REQUIRED WORK >> Each line of the data holding "text" should be found and copied.

- - - -

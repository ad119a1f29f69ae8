//! The whole run: from words and the bytes of a scenario to the text that is due.
#![tactic(auto)]

mod laws;
mod machine;
mod outcome;
mod run;
mod text;

pub use laws::what_a_run_writes_is_found_legal;
pub use machine::run_machine;
pub use outcome::{Kept, Outcome, RunStatus};
pub use processors::{Board, Gate, NoGate, Point};
pub use run_journal::{Entry, Journal};
pub use run_words::{Words, program_words};

/// Memory ran out, and what was called is as it was before.
pub use cache_ident::NoMemory;
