//! What a pass that has seen a board's past knows of the board, and what a holder does.

ghost use Rattle.std.specs.Prelude.{◌≡◌, ℕ, true, List, Contains};
ghost use mathlib.Core.List.{IsPrefix};
ghost use Rattle.cache_ident.specs.declared.idents.Ident.{Ident};
ghost use Rattle.cache_ident.specs.Names.{first_name};
ghost use Rattle.cache_ident.specs.Residents.{IsResident};
ghost use Rattle.flat_state.specs.Events.{flat};
ghost use Rattle.run_journal.specs.declared.entries.Entry.{Entry};
ghost use Rattle.run_journal.specs.Entries.{erase};
ghost use Rattle.run_journal.specs.Legal.{first_ident};
ghost use Rattle.run_journal.specs.Told.{residents};
ghost use Rattle.turn_lock.specs.Lists.{numbers, AllMadeBelow, IsContinuedBy};
ghost use Rattle.turn_lock.specs.Passes.{value_of};
ghost use Rattle.board_core.specs.quantum.specs.Ahead.{Ahead};
ghost use Rattle.board_core.specs.desc_stores.specs.Contents.{residents_of};
ghost use Rattle.board_core.specs.cached_machine.specs.Cached.{state_of};
ghost use Rattle.board_core.specs.Core.{contents_of, IsSound, Recorded};
ghost use Rattle.board_core.specs.Going.{IsOneEvent};
ghost use Rattle.board_core.specs.Places.{IsInOnePlace};
ghost use Rattle.board_commits.specs.Tickets.{AreAllAsOf, AreOfTicket};
ghost use Rattle.cache_board.specs.Events.{author_of, past_of};
ghost use Rattle.cache_board.specs.Pasts.{entries_of, has_seal};

use crate::board::Board;
use turn_lock::Held;

/// Does nothing. A proof has from it what holds of the board that is out with a holder, as of every board.
pub fn holds_while_held(held: &Held<'_, Board>)
    ensures sound { IsSound (value_of held.now) }
    ensures places { IsInOnePlace (value_of held.now) }
    ensures first { (value_of held.now).sealed ≡ true → IsResident (residents_of (contents_of (value_of held.now))) first_ident first_name }
{
    held.value().holds();
}

/// Eight processors make all entries of a sound board's past. So a lock, which has more numbers to sign with, can be made over it.
pub fn makers_are_processors()
    ensures eight { (b : Recorded) → IsSound b → AllMadeBelow author_of 8 (past_of b) }
    ensures numbers { (b : Recorded) → IsSound b → AllMadeBelow author_of numbers (past_of b) }
{}

/// Who found a board's past goes on from it with nothing added. Each event adds to the past and takes nothing away, so any number
/// of events of one processor, in one hold, continue what was found, and it begins the past that is given back.
pub fn calls_of_a_hold_continue_the_past()
    ensures nothing { (cpu : ℕ) (b : Recorded) → IsContinuedBy author_of cpu (past_of b) (past_of b) }
    ensures event { (cpu : ℕ) (old new : Recorded) → IsOneEvent cpu old new → IsContinuedBy author_of cpu (past_of old) (past_of new) }
    ensures twice { (cpu : ℕ) (found between now : List (Entry × ℕ)) → IsContinuedBy author_of cpu found between → IsContinuedBy author_of cpu between now → IsContinuedBy author_of cpu found now }
    ensures begins { (cpu : ℕ) (found now : List (Entry × ℕ)) → IsContinuedBy author_of cpu found now → IsPrefix found now }
{}

/// The entries of a board's past are its journal; of two pasts, one of which begins the other, so do the entries; and what begins
/// what begins a past begins it.
pub fn a_past_has_the_entries()
    ensures journal { (b : Recorded) → entries_of (past_of b) ≡ b.journal.entries }
    ensures begin { (one other : List (Entry × ℕ)) → IsPrefix one other → IsPrefix (entries_of one) (entries_of other) }
    ensures same { (seen : List (Entry × ℕ)) → IsPrefix seen seen }
    ensures further { (one other more : List (Entry × ℕ)) → IsPrefix one other → IsPrefix other more → IsPrefix one more }
{}

/// Who has seen an entry of a board knows how many steps it may take at most, and who has seen the seal knows that it is sealed.
/// So a board that goes on from another one's past has that one's limit, and stays sealed.
pub fn what_was_seen_stays()
    ensures limit { (seen : List (Entry × ℕ)) (b : Recorded) (e : Entry) (limit : ℕ) → IsPrefix seen (past_of b) → Contains seen (e, limit) → b.limit ≡ limit }
    ensures seal { (seen : List (Entry × ℕ)) (b : Recorded) → IsSound b → IsPrefix seen (past_of b) → has_seal seen ≡ true → b.sealed ≡ true }
    ensures limits { (old new : Recorded) → IsSound old → IsPrefix (past_of old) (past_of new) → new.limit ≡ old.limit }
    ensures seals { (old new : Recorded) → IsSound old → IsSound new → IsPrefix (past_of old) (past_of new) → old.sealed ≡ true → new.sealed ≡ true }
    ensures seen { (b : Recorded) → IsSound b → has_seal (past_of b) ≡ b.sealed }
{}

/// Views that were copied for a ticket stay those of that ticket, and what a quantum keeps stays so, however the past grows.
pub fn what_is_of_a_ticket_stays_so_from_past_to_past()
    ensures views { (one other : List (Entry × ℕ)) (thread : Ident) (a : Ahead) → IsPrefix one other → AreOfTicket (entries_of one) thread a → AreOfTicket (entries_of other) thread a }
    ensures kept { (one other : List (Entry × ℕ)) (a : Ahead) → IsPrefix one other → AreAllAsOf (entries_of one) a → AreAllAsOf (entries_of other) a }
    ensures views_on { (seen : List (Entry × ℕ)) (b : Recorded) (thread : Ident) (a : Ahead) → IsPrefix seen (past_of b) → AreOfTicket (entries_of seen) thread a → AreOfTicket b.journal.entries thread a }
    ensures kept_on { (seen : List (Entry × ℕ)) (b : Recorded) (a : Ahead) → IsPrefix seen (past_of b) → AreAllAsOf (entries_of seen) a → AreAllAsOf b.journal.entries a }
{}

/// A sound board shows the machine with unlimited tables on its erased journal, and what that journal has resident is loaded.
pub fn a_board_shows_its_journal()
    ensures state { (b : Recorded) → IsSound b → state_of b.machine ≡ flat (erase b.journal.entries) }
    ensures residents { (b : Recorded) → IsSound b → residents_of (contents_of b) ≡ residents b.journal.entries }
{}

- - - -

RESULT OF THIS EXERCISE >>
//! The whole run: from words and the bytes of a scenario to the text that is due.
mod text;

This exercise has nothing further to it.